California Democrats introduced two measures this year. One, which both the state Assembly and Senate approved overwhelmingly, was a resolution acknowledging California’s role in chattel slavery and recognizing “the need to pursue avenues to implement proposed reparations for the descendants of African slaves in the United States.”

A second resolution, introduced in June, would formally apologize for California’s “past complicity in slavery” and encourage Congress to enact the federal reparations bill. That resolution is currently in committee.

California state Assemblyman James Gallagher, a Republican who voted against the pending resolution, said: “Certainly slavery is a grievous injustice in our country’s history that we absolutely as a country need to recognize and apologize for.”

But reparations are the wrong approach, he said. “It’s a typical Democratic solution. Let’s figure out how to allocate more taxpayer dollars and throw more money at something, but it doesn’t necessarily get at the root issues.”

State lawmakers’ efforts recognize the complexity of slavery’s history and repercussions, said Cornell Brooks, a professor at the Harvard Kennedy School of Government and former president of the NAACP.

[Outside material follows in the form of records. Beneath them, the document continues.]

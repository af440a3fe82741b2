//! A replay of changes that are undone and redone, and the text for it.

ghost use Rattle.std.specs.Prelude.{◌≡◌, ◌≢◌, ◌≤◌, All, length, IfOk, IfErr, IfSome, OnOk, IsErrOf};
ghost use Rattle.std.specs.Io.KnownBytes.{IsAtEnd};
ghost use Rattle.cts_io.specs.Faults.{Rose};
ghost use Rattle.cts_notes.specs.Front.{input_limit};
ghost use Rattle.cts_read.specs.Grammar.{Refuses};
ghost use Rattle.cts_undo.specs.Answers.{AreReplies, after_steps};
ghost use Rattle.cts_undo.specs.ReplayText.{IsPrintableReplay};
ghost use Rattle.cts_script.specs.Replays.{AreReplayed};
ghost use Rattle.cts_undo.specs.Replay.{opening};
ghost use Rattle.cts_top.specs.Log.{no_log};
ghost use Rattle.cts_top.specs.Outcome.{Serves};
ghost use Rattle.cts_top.specs.Reading.{ExplainsBy};
ghost use Rattle.cts_top.specs.Replay.{SpellsReplay, TellsReplay, TellsReplayed, replayed_of, version_at_end};
ghost use Rattle.cts_top.specs.Synthesised.{IsSynthesised};
ghost use Rattle.cts_top.specs.Written.{Answers};

use crate::answer::{Telling, answer_synthesis, synthesise_alone};
use crate::input::give_back;
use crate::stop::{Answer, Stop};
use crate::valid::instance_is_valid;
use crate::words::Form;
use cts_elmore::Figures;
use cts_instance::Instance;
use cts_io::{ByteSink, ByteSource, read_all};
use cts_notes::INPUT_LIMIT;
use cts_num::NoMemory;
use cts_plain::NoTree;
use cts_read::{ReadStop, read_instance};
use cts_script::{ReplayStep, read_replay};
use cts_tree::Tree;
use cts_undo::{Replayed, replay, version_after, write_replay};
use std::alloc::Global;

/// What a replay comes to: the instance with the sinks after the changes that are done at its end, its book
/// with the replies, and the synthesis of that instance.
#[derive(Drop)]
struct Played {
    version: Instance,
    replayed: Replayed,
    synthesis: Result<(Tree, Figures), NoTree>,
}

/// The instance at the front of an input that is not too long, and the steps of a replay after it, which
/// nothing but lines that are skipped may follow; or the first line that offends, with its first cause, or
/// that memory ran out.
fn read_steps(alloc: Global, bytes: &[u8]) -> Result<(Instance, Vec<ReplayStep>), ReadStop>
    requires { length bytes.now ≤ input_limit }
    ensures spells { IfOk result (λ r. SpellsReplay bytes.now r.0 r.1.items) }
    ensures refused { IfErr result (λ stop. Refuses stop (replayed_of bytes.now)) }
    ensures within { IfOk result (λ r. AreReplayed r.1.items) }
{
    let taken = read_instance(alloc, bytes)?;
    let asked = read_replay(alloc, &bytes[taken.used..], taken.lines)?;
    Ok((taken.instance, asked))
}

/// The instance at the front of an input, which is read to its end, and the steps of a replay after it.
/// The bytes go before the first step.
fn read_source<S: ByteSource>(
    alloc: Global,
    source: &mut S,
) -> Result<(Instance, Vec<ReplayStep>), Stop>
    ensures end { OnOk result (IsAtEnd (S.left source.new)) }
    ensures spells { IfOk result (λ r. IfSome (S.left source.old) (λ bytes. SpellsReplay bytes r.0 r.1.items)) }
    ensures within { IfOk result (λ r. AreReplayed r.1.items) }
    ensures explained { IfErr result (λ stop. IfSome (S.left source.old) (ExplainsBy replayed_of stop)) }
    ensures words { IsErrOf result Stop.Words → ⊥ }
    ensures many { IsErrOf result Stop.Many → ⊥ }
    ensures read_fault { IsErrOf result Stop.ReadFault → Rose (S.faults source.old) (S.faults source.new) }
    ensures write_fault { IsErrOf result Stop.WriteFault → ⊥ }
    ensures counted { S.faults source.old ≤ S.faults source.new }
{
    let bytes = read_all(alloc, source, INPUT_LIMIT)?;
    let read = read_steps(alloc, &bytes);
    give_back(bytes);
    Ok(read?)
}

/// The synthesis of an instance, where memory does not run out.
fn synthesise_whole(
    alloc: Global,
    version: &Instance,
) -> Result<Result<(Tree, Figures), NoTree>, NoMemory>
    ensures synthesised { IfOk result (IsSynthesised version.now) }
    ensures told { IfOk result (λ synthesis. IfErr synthesis (λ why. why ≢ NoTree.NoMemory)) }
{
    match synthesise_alone(alloc, version) {
        Err(NoTree::NoMemory) => Err(NoMemory),
        synthesis => Ok(synthesis),
    }
}

/// Goes through the steps of a replay, and makes the synthesis of the sinks at its end.
fn play(alloc: Global, instance: &Instance, asked: &[ReplayStep]) -> Result<Played, NoMemory>
    requires { AreReplayed asked.now }
    ensures state { IfOk result (λ p. p.replayed.book ≡ after_steps (opening instance.now) asked.now) }
    ensures replies { IfOk result (λ p. AreReplies (opening instance.now) asked.now p.replayed.replies.items) }
    ensures printable { IfOk result (λ p. All IsPrintableReplay p.replayed.replies.items) }
    ensures version { IfOk result (λ p. p.version ≡ version_at_end instance.now asked.now) }
    ensures synthesised { IfOk result (λ p. IsSynthesised p.version p.synthesis) }
    ensures told { IfOk result (λ p. IfErr p.synthesis (λ why. why ≢ NoTree.NoMemory)) }
{
    let replayed = replay(alloc, instance, asked)?;
    let version = version_after(alloc, &replayed.book, instance)?;
    let synthesis = synthesise_whole(alloc, &version)?;
    Ok(Played {
        version,
        replayed,
        synthesis,
    })
}

/// Writes the changes that are done at the end of a replay with the replies to its steps, and then the text
/// for the synthesis of the version after them. It takes no memory.
fn write_played<K: ByteSink>(
    sink: &mut K,
    version: &Instance,
    replayed: &Replayed,
    synthesis: Result<(Tree, Figures), NoTree>,
) -> Result<Answer, Stop>
    requires printable { All IsPrintableReplay replayed.now.replies.items }
    requires synthesised { IsSynthesised version.now synthesis }
    requires told { IfErr synthesis (λ why. why ≢ NoTree.NoMemory) }
    ensures { Answers (TellsReplayed version.now replayed.now.book.done replayed.now.replies.items)
        K.held K.faults sink.old sink.new result }
{
    instance_is_valid(version);
    write_replay(sink, replayed.book.done(), &replayed.replies)?;
    answer_synthesis(sink, Telling::Report, version, synthesis)
}

/// Goes through the steps of a replay, and writes the text for it.
fn answer_replay<K: ByteSink>(
    alloc: Global,
    sink: &mut K,
    instance: &Instance,
    asked: &[ReplayStep],
) -> Result<Answer, Stop>
    requires { AreReplayed asked.now }
    ensures { Answers (TellsReplay instance.now asked.now) K.held K.faults sink.old sink.new result }
{
    let Played {
        version,
        replayed,
        synthesis,
    } = play(alloc, instance, asked)?;
    write_played(sink, &version, &replayed, synthesis)
}

/// Reads an instance and the steps of a replay after it, goes through them, and writes the changes that are
/// done at the end, the replies, and the report of the tree after these changes.
pub fn serve_replay<S: ByteSource, K: ByteSink>(
    alloc: Global,
    source: &mut S,
    sink: &mut K,
) -> Result<Answer, Stop>
    ensures serves { Serves no_log Form.Replay
        (record { tells = S.left; faults = S.faults; before = source.old; after = source.new })
        (record { tells = K.held; faults = K.faults; before = sink.old; after = sink.new }) result }
    ensures words { IsErrOf result Stop.Words → ⊥ }
{
    let (instance, asked) = read_source(alloc, source)?;
    answer_replay(alloc, sink, &instance, &asked)
}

Brooks and a team of researchers at the Kennedy School have been asked by a New Jersey advocacy organization to craft a reparations bill for that state.   If successful, the team hopes to replicate those efforts in other states, Brooks said.

“We need a morally ambitious strategy, but on a state and local-sized platform,” Brooks said. “To just relegate the responsibility to Congress ignores the role of state capitols and city halls in slavery.”

It makes sense for states, in addition to the federal government, to address reparations because even non-slave-states benefitted from the institution, said Vermont state Rep. Brian Cina, a member of the Progressive Party who sponsored the Vermont bill.

“It’s easy for people to say we didn’t have slaves in Vermont, but were you buying cotton from the South? Tobacco?” said Cina, who identifies as multiracial.

Vermont, which is now nearly 95% White, in 1777 became the first state to outlaw adult slavery. The partial ban applied to adults over 21.

Cina said he introduced the legislation at the prodding of a local racial justice group. As a Brown-skinned person of color, he says he’s not sure of his ancestry because his mother was adopted. He said he’d been harassed by police, so he felt a kinship with the struggles of African Americans. And Vermont’s tiny Black population still struggles under the legacy of slavery today, he said.

His bill, which is in committee, would create a task force to consider a state apology for slavery and develop a proposal for reparations.